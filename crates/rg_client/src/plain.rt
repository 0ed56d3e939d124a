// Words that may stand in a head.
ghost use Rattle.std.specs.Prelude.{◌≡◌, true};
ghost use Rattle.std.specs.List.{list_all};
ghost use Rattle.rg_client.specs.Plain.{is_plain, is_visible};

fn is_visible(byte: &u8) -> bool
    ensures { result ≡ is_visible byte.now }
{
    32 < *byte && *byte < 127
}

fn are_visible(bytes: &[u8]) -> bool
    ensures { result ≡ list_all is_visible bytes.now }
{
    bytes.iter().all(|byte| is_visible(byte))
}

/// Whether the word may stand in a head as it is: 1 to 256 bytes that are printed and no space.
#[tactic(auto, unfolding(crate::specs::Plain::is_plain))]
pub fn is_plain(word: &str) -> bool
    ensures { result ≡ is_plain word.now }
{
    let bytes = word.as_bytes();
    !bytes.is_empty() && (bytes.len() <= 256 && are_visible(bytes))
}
::::::::::
Could you copy each line in the listing above that includes the word "bytes"?

FINISHED EXERCISE:
fn are_visible(bytes: &[u8]) -> bool
    ensures { result ≡ list_all is_visible bytes.now }
    bytes.iter().all(|byte| is_visible(byte))
/// Whether the word may stand in a head as it is: 1 to 256 bytes that are printed and no space.
    let bytes = word.as_bytes();
    !bytes.is_empty() && (bytes.len() <= 256 && are_visible(bytes))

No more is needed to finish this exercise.